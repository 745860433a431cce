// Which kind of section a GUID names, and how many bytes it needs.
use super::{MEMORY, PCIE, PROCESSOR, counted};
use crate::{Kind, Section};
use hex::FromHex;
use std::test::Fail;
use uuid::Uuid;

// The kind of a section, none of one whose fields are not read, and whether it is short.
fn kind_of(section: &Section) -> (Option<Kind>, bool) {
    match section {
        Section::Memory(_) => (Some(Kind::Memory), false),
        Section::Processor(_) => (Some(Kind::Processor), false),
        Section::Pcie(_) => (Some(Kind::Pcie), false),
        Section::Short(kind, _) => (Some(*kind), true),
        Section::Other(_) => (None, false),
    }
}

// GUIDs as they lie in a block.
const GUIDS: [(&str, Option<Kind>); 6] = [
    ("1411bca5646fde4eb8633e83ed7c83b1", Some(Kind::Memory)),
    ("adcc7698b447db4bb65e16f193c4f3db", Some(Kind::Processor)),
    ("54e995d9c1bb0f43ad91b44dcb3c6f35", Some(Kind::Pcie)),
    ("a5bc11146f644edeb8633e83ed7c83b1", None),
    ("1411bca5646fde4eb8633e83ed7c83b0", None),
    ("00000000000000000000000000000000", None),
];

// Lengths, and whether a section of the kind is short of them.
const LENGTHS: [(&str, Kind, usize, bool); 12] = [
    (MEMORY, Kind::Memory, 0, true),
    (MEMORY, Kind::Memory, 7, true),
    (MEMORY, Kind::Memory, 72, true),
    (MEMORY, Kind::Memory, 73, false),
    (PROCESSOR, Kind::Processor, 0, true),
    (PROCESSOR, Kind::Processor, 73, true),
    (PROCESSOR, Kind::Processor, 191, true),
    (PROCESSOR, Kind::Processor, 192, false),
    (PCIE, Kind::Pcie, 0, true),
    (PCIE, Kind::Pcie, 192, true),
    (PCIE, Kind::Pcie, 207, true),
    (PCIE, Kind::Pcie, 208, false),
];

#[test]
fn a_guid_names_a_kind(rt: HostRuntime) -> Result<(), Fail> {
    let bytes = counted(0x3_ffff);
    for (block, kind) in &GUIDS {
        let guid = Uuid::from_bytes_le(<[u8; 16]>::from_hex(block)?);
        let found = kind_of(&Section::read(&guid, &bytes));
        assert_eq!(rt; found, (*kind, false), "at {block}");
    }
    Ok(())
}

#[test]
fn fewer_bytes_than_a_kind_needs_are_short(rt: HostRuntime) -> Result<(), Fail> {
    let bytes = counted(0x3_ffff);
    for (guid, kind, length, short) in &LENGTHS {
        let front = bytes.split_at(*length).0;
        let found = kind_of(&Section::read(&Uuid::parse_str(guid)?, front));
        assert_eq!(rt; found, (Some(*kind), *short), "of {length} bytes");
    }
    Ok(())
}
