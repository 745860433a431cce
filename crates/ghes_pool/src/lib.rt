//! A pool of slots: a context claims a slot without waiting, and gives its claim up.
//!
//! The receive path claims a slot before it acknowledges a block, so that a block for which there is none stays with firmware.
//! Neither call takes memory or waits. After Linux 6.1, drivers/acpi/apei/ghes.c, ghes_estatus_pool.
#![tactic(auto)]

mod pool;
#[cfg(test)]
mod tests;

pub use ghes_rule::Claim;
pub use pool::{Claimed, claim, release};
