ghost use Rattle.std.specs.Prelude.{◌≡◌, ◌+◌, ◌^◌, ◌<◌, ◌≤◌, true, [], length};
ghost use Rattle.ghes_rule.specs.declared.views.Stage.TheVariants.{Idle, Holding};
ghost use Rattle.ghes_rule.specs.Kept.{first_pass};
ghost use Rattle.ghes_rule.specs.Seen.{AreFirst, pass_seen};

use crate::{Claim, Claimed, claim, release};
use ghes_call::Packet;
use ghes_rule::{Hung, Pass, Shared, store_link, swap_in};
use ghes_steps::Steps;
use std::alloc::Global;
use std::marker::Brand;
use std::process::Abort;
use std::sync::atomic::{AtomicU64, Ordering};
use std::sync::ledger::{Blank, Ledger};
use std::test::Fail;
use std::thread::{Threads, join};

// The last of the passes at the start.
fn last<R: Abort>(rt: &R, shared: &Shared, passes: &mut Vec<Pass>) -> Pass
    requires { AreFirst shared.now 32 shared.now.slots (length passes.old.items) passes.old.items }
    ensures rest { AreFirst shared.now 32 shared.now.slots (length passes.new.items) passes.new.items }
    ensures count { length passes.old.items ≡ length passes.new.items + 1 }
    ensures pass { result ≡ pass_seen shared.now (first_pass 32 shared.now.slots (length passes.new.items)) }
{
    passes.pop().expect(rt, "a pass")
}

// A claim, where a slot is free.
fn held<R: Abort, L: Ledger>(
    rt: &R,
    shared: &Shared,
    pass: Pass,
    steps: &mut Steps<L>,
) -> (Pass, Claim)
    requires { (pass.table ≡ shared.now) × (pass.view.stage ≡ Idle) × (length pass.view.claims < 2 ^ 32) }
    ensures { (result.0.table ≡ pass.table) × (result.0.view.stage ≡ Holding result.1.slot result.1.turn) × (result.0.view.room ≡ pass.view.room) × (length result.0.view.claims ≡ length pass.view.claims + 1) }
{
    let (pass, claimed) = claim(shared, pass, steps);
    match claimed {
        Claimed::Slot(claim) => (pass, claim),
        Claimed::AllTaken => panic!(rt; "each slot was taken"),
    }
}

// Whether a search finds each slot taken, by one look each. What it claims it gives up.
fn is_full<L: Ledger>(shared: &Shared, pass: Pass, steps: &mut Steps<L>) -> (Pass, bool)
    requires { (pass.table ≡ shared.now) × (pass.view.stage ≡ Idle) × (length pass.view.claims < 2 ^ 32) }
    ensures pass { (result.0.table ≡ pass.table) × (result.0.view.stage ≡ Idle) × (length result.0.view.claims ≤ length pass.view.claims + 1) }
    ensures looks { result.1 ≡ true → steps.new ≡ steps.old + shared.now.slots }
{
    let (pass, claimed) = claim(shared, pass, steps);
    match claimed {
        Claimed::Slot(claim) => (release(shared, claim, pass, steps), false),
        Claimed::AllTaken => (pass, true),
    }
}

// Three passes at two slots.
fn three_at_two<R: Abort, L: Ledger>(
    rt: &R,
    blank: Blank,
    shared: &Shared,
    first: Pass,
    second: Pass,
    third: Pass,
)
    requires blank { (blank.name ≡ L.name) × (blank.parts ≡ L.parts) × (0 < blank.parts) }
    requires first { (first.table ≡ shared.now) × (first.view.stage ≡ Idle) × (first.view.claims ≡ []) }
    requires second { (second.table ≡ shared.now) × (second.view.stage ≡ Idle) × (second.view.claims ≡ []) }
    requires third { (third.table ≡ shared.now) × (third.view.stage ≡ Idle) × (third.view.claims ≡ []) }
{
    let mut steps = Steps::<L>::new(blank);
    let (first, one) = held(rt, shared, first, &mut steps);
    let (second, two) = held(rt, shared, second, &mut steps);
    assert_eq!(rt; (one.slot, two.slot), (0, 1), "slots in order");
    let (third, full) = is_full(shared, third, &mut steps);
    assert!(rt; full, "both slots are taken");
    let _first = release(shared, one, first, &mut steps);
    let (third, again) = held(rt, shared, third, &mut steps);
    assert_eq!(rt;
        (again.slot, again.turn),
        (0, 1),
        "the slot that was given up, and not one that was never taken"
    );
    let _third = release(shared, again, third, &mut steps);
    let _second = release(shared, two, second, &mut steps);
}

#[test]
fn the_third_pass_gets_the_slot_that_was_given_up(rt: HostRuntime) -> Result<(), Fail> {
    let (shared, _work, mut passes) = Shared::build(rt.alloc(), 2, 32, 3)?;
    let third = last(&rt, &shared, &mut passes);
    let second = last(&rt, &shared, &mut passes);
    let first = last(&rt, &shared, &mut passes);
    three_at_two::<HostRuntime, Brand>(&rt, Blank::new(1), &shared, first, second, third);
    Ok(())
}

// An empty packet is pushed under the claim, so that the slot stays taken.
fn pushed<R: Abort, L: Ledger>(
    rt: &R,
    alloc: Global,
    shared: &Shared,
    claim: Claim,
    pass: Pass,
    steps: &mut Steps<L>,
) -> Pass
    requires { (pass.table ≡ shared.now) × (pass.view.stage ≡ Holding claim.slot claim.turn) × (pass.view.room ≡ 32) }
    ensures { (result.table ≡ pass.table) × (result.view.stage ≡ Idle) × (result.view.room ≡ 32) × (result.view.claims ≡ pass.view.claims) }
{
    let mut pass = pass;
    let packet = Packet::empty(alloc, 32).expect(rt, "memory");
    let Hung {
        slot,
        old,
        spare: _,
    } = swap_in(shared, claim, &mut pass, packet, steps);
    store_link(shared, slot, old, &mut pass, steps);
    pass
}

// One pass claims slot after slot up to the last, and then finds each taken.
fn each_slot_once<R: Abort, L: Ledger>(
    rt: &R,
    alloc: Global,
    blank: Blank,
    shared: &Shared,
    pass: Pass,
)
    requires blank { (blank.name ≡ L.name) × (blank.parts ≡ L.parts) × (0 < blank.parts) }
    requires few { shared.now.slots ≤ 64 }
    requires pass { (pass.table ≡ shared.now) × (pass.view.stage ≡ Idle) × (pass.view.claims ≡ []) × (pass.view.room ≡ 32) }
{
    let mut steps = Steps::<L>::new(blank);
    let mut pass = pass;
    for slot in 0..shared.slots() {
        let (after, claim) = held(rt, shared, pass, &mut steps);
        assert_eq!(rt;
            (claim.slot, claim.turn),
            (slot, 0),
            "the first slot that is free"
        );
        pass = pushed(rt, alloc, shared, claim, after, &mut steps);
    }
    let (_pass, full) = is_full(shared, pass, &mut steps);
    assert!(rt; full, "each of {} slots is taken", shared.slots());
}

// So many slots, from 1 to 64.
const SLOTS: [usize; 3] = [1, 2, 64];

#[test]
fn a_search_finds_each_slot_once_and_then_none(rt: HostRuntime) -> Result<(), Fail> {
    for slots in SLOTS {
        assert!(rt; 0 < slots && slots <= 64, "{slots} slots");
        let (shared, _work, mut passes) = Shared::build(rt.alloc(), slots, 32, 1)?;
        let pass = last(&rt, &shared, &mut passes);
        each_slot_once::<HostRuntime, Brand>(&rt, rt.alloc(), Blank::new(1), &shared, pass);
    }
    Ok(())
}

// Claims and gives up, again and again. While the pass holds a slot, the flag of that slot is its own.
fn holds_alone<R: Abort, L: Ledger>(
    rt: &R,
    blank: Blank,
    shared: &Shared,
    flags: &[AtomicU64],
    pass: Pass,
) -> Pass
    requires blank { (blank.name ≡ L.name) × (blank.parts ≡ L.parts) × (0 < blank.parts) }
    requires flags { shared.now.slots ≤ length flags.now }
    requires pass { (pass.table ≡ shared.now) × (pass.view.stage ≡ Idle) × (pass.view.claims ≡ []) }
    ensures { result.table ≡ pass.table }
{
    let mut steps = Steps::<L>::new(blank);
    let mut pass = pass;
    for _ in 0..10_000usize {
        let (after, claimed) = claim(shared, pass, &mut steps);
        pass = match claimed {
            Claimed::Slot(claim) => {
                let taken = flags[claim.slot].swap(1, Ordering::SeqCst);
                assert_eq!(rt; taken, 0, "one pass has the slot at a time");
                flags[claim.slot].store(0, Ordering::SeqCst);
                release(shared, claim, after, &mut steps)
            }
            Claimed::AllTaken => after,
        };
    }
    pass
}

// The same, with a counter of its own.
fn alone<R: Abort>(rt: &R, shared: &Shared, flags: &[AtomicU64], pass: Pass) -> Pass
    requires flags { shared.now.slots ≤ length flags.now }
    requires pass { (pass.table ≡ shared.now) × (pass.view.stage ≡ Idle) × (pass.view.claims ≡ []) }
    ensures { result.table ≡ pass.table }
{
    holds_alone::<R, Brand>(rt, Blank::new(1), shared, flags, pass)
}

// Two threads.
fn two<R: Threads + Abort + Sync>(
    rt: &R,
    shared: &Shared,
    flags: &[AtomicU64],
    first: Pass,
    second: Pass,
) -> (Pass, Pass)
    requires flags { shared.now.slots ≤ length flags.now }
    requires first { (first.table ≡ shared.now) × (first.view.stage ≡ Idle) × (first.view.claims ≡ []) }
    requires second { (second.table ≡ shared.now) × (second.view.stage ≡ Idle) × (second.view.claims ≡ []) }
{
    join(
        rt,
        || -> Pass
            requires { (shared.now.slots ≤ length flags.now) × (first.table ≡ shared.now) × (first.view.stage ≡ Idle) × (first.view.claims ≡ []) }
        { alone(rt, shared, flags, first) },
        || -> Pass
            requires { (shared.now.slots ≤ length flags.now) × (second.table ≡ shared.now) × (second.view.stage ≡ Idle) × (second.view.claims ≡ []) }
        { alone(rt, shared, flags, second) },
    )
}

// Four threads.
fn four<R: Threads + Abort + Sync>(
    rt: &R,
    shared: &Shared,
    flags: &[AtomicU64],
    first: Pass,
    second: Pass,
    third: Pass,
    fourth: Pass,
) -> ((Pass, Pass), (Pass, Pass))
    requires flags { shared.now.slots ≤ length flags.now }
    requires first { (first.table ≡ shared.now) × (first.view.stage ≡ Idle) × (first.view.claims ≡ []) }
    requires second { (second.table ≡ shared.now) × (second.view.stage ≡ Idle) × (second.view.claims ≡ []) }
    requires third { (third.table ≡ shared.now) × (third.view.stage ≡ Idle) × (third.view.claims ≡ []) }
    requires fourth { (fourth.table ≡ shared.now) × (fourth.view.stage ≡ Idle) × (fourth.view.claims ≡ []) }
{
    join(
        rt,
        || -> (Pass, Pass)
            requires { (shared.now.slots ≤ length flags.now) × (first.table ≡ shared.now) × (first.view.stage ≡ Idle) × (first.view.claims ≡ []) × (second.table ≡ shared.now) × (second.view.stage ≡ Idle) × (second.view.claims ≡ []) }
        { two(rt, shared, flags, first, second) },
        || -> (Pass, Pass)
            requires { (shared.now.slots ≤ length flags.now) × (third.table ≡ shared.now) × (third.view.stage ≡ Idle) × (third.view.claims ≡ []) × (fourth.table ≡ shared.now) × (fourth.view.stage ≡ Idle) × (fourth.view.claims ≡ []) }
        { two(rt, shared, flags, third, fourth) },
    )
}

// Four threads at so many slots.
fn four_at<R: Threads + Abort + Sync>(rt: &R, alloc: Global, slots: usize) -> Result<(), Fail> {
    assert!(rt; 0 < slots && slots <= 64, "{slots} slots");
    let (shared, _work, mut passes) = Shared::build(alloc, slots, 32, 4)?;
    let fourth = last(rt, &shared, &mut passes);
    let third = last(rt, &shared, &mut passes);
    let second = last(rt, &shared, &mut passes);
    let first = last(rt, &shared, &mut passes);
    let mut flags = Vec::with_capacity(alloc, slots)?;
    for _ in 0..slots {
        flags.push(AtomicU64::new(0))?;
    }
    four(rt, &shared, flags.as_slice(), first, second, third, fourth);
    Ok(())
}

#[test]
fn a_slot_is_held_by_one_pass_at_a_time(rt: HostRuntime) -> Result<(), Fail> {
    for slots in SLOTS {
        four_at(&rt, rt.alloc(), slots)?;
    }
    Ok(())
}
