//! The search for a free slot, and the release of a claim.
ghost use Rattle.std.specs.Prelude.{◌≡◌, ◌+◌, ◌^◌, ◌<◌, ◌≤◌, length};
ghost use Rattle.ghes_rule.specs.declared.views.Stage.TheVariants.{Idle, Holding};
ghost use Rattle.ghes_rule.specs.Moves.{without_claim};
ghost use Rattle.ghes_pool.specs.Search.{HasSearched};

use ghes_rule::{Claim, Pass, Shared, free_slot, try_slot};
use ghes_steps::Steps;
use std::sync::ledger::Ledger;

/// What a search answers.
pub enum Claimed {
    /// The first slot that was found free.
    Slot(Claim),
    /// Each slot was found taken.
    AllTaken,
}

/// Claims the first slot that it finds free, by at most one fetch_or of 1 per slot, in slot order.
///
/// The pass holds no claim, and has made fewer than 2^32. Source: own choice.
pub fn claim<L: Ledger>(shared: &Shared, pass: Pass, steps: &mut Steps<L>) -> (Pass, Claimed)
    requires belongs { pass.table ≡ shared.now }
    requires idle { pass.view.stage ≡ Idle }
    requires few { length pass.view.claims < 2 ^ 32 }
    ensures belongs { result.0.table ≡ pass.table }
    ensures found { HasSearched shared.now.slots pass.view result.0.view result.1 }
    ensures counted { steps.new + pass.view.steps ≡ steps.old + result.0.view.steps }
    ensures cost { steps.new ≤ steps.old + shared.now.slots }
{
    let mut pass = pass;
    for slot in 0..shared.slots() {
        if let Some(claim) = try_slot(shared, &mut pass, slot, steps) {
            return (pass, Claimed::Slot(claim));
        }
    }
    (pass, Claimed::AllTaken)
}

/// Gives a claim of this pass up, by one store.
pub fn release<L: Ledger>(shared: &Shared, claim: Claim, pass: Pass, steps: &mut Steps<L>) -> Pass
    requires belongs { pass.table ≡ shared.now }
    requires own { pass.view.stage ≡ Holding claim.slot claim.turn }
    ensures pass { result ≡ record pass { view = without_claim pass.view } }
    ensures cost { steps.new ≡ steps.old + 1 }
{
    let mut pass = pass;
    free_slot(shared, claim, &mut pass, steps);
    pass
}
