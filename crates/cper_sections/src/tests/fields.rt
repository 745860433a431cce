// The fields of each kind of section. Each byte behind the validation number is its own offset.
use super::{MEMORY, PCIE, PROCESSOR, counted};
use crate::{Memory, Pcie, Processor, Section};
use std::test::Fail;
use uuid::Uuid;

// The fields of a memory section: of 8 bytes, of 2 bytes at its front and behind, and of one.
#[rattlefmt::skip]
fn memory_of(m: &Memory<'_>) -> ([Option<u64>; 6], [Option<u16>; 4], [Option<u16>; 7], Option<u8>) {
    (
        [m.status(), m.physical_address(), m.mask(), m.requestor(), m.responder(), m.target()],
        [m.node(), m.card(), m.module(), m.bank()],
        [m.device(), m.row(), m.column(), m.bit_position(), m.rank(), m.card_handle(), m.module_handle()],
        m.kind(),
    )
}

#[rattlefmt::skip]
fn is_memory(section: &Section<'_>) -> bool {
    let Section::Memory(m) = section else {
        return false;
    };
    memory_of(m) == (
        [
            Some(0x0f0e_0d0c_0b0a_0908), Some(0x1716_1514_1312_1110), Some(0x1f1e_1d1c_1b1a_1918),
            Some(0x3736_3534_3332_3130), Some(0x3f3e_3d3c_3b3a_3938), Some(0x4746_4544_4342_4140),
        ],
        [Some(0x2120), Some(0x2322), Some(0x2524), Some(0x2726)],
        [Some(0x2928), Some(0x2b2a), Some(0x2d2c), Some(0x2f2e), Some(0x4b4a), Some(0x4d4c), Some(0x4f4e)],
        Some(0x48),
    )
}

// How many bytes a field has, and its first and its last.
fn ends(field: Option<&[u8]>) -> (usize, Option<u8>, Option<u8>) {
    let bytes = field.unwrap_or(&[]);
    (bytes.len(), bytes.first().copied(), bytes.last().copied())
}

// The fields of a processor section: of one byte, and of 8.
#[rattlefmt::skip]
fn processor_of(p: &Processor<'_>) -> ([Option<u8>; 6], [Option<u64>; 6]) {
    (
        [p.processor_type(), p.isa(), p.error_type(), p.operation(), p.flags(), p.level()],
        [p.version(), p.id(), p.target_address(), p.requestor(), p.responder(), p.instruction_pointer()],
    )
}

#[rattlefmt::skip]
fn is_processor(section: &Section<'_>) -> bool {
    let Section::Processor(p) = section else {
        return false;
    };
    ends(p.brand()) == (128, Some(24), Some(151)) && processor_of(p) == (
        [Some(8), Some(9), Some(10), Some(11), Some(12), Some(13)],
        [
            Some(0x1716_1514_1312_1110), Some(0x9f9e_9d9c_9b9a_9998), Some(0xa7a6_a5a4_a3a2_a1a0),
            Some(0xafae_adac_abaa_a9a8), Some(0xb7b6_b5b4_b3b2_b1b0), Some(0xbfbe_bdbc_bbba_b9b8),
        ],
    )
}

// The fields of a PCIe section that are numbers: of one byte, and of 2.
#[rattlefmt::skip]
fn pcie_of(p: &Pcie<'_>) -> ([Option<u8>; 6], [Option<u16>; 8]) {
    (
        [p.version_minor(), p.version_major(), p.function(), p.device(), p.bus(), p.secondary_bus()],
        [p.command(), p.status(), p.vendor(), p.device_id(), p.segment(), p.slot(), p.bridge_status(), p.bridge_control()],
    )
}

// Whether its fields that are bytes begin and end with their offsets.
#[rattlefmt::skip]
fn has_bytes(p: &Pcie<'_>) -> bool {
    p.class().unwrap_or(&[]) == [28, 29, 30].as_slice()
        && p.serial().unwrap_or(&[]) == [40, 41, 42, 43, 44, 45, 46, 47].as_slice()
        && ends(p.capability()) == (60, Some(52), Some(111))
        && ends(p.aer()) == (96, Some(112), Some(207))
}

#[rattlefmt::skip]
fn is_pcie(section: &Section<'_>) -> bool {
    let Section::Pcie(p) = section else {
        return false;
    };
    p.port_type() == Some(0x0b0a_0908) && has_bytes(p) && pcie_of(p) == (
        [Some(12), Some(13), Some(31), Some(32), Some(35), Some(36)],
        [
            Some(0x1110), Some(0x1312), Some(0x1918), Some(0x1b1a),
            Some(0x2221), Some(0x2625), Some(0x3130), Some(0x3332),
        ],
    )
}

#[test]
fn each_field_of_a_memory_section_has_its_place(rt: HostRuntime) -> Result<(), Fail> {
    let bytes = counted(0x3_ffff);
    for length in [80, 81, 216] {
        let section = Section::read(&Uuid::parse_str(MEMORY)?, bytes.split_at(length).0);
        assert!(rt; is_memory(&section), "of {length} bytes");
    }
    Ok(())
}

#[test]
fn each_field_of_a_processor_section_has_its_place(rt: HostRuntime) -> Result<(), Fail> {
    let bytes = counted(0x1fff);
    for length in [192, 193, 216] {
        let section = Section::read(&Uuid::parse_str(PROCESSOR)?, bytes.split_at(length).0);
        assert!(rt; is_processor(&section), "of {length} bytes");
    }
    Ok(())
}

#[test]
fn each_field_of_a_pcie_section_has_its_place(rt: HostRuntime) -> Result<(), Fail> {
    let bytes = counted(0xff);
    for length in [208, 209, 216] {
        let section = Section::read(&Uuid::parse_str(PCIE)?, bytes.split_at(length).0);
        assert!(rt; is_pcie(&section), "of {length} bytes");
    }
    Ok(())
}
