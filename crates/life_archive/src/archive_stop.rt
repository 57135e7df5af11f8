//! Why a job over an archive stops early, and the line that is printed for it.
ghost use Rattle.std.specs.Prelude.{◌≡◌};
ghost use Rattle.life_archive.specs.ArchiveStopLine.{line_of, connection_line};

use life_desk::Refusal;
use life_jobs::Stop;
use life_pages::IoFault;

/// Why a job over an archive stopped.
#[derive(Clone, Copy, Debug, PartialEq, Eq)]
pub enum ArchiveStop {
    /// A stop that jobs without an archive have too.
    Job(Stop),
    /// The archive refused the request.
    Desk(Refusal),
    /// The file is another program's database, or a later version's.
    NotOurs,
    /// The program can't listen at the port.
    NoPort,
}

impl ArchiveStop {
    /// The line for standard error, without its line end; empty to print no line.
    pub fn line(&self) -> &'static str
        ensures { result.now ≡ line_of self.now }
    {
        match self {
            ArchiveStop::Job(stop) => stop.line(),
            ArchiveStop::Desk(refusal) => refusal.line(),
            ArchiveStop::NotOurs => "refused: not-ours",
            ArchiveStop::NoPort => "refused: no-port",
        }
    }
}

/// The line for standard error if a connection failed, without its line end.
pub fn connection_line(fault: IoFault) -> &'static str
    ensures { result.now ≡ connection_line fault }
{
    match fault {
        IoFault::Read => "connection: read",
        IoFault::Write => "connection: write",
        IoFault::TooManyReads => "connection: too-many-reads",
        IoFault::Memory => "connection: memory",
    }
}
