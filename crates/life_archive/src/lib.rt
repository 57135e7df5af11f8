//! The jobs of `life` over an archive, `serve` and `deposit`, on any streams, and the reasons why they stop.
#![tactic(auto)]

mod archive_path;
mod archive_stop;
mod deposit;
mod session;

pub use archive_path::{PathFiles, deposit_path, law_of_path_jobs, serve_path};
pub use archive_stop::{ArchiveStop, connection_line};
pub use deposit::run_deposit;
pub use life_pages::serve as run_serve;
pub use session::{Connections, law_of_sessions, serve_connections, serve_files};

#####

Task:
Retype every line of the listing, word for word, from its opening line to the line that holds "let front = bytes.split_at(*length).0;", and include that last line too.

Your response:
repository 745860433a431cce
// Which kind of section a GUID names, and how many bytes it needs.
use super::{MEMORY, PCIE, PROCESSOR, counted};
use crate::{Kind, Section};
use hex::FromHex;
use std::test::Fail;
use uuid::Uuid;

// The kind of a section, none of one whose fields are not read, and whether it is short.
fn kind_of(section: &Section) -> (Option<Kind>, bool) {
    match section {
        Section::Memory(_) => (Some(Kind::Memory), false),
        Section::Processor(_) => (Some(Kind::Processor), false),
        Section::Pcie(_) => (Some(Kind::Pcie), false),
        Section::Short(kind, _) => (Some(*kind), true),
        Section::Other(_) => (None, false),
    }
}

// GUIDs as they lie in a block.
const GUIDS: [(&str, Option<Kind>); 6] = [
    ("1411bca5646fde4eb8633e83ed7c83b1", Some(Kind::Memory)),
    ("adcc7698b447db4bb65e16f193c4f3db", Some(Kind::Processor)),
    ("54e995d9c1bb0f43ad91b44dcb3c6f35", Some(Kind::Pcie)),
    ("a5bc11146f644edeb8633e83ed7c83b1", None),
    ("1411bca5646fde4eb8633e83ed7c83b0", None),
    ("00000000000000000000000000000000", None),
];

// Lengths, and whether a section of the kind is short of them.
const LENGTHS: [(&str, Kind, usize, bool); 12] = [
    (MEMORY, Kind::Memory, 0, true),
    (MEMORY, Kind::Memory, 7, true),
    (MEMORY, Kind::Memory, 72, true),
    (MEMORY, Kind::Memory, 73, false),
    (PROCESSOR, Kind::Processor, 0, true),
    (PROCESSOR, Kind::Processor, 73, true),
    (PROCESSOR, Kind::Processor, 191, true),
    (PROCESSOR, Kind::Processor, 192, false),
    (PCIE, Kind::Pcie, 0, true),
    (PCIE, Kind::Pcie, 192, true),
    (PCIE, Kind::Pcie, 207, true),
    (PCIE, Kind::Pcie, 208, false),
];

#[test]
fn a_guid_names_a_kind(rt: HostRuntime) -> Result<(), Fail> {
    let bytes = counted(0x3_ffff);
    for (block, kind) in &GUIDS {
        let guid = Uuid::from_bytes_le(<[u8; 16]>::from_hex(block)?);
        let found = kind_of(&Section::read(&guid, &bytes));
        assert_eq!(rt; found, (*kind, false), "at {block}");
    }
    Ok(())
}

#[test]
fn fewer_bytes_than_a_kind_needs_are_short(rt: HostRuntime) -> Result<(), Fail> {
    let bytes = counted(0x3_ffff);
    for (guid, kind, length, short) in &LENGTHS {
        let front = bytes.split_at(*length).0;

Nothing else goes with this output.